太久沒有人喊她的名字了,熟悉的口吻,奇怪的發音,周滿內心突然平靜下來,“我知道了。”

“有牛奶嗎?”卡爾看著她幹噎面包,開口問。

“喝完了。”其實是被她拿去醫院了。

“這才月中。”她一個人就喝完了一月的牛奶份額?可是身上卻沒有多長一磅肉。

“嗯。”周滿懶得解釋,轉頭給自己倒了一杯白水。

睡了一個白天的後果就是晚上翻來覆去地睡不著,周滿的生物鐘亂了,她睜大眼睛無語地望著天花板,決定再去喝杯水。

回廊裏,隔壁馬丁夫人家傳來一陣重物落地的聲音,聲音還挺大,德軍治下,還能有賊?她偷偷打開窗戶,然後驚訝地瞪大了雙眼。

馬丁夫人家的後院裏亮著一盞小燈,吉爾貝和一個男人正往花車上搬運東西,一包一包捆紮好的,是炸藥!她上輩子在抗日神劇裏見過的炸藥包!她眼看著他們將炸藥裝了滿滿一車,再把木板蓋上。又要行動了嗎?周滿看了會,合上窗戶,抑制住狂跳的心臟,她應該就當沒看見。

下半夜,周滿好像睡著了又好像沒睡著,迷迷糊糊的。早上起床困得要死,她聽到了蓋爾達在樓下說話的聲音,漢斯來了。

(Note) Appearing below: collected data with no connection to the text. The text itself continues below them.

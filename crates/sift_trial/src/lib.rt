//! The mission of a number: each scenario that is drawn states one.
#![tactic(auto)]

mod drawing;

pub use drawing::{
    drawn_mission, drawn_missions_have_no_storms, drawn_tasks_are_brief, drawn_texts_are_tasks,
    drawn_trees_are_missions,
};
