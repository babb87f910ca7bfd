//! What holds of the language of scripts: its rules are sound, it reads well, and its runs from good worlds stay good. Each law is carried by
//! the contract of a function that does nothing.
#![tactic(auto)]

mod laws;

pub use laws::{
    changes_are_behind, clock_events_are_in_range, language_has_sound_changes,
    language_has_sound_rules, language_reads_well, runs_of_the_language_stay_good,
    what_is_read_is_in_range,
};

“嗨,米娜。”卡爾到底在哪找的這麽可愛的副官呀,笑起來多好看。

“漢斯。”周滿一邊下樓一邊和他打招呼。

“長官讓我給你送配給券。”他將東西遞給周滿。

周滿楞了楞,看著手裏的一級配給券,突然有點後悔昨晚沒給卡爾一點好臉色,“那你替我謝謝他。”

“好。”

“你長官呢?”昨晚卡爾坐了一會就走了,周滿從廚房出來的時候,人已經不在沙發裏,他總是這樣,說走就走,灑脫極了。

“他今天在普洛科布餐廳有聚會。”

“唔。”德軍聚會,周滿沒放在心上。

“米娜,我很好奇,”漢斯走後,蓋爾達忍不住湊上來,“你們怎麽認識的?”

周滿不想回憶,“之前在柏林的時候認識的。”

“你還去過柏林?”蓋爾達驚訝。

“嗯,四年前。”

“幸好有克萊斯特少校,不然我們現在都去了集中營,我聽說,那裏面超級可怕,我很感激他。”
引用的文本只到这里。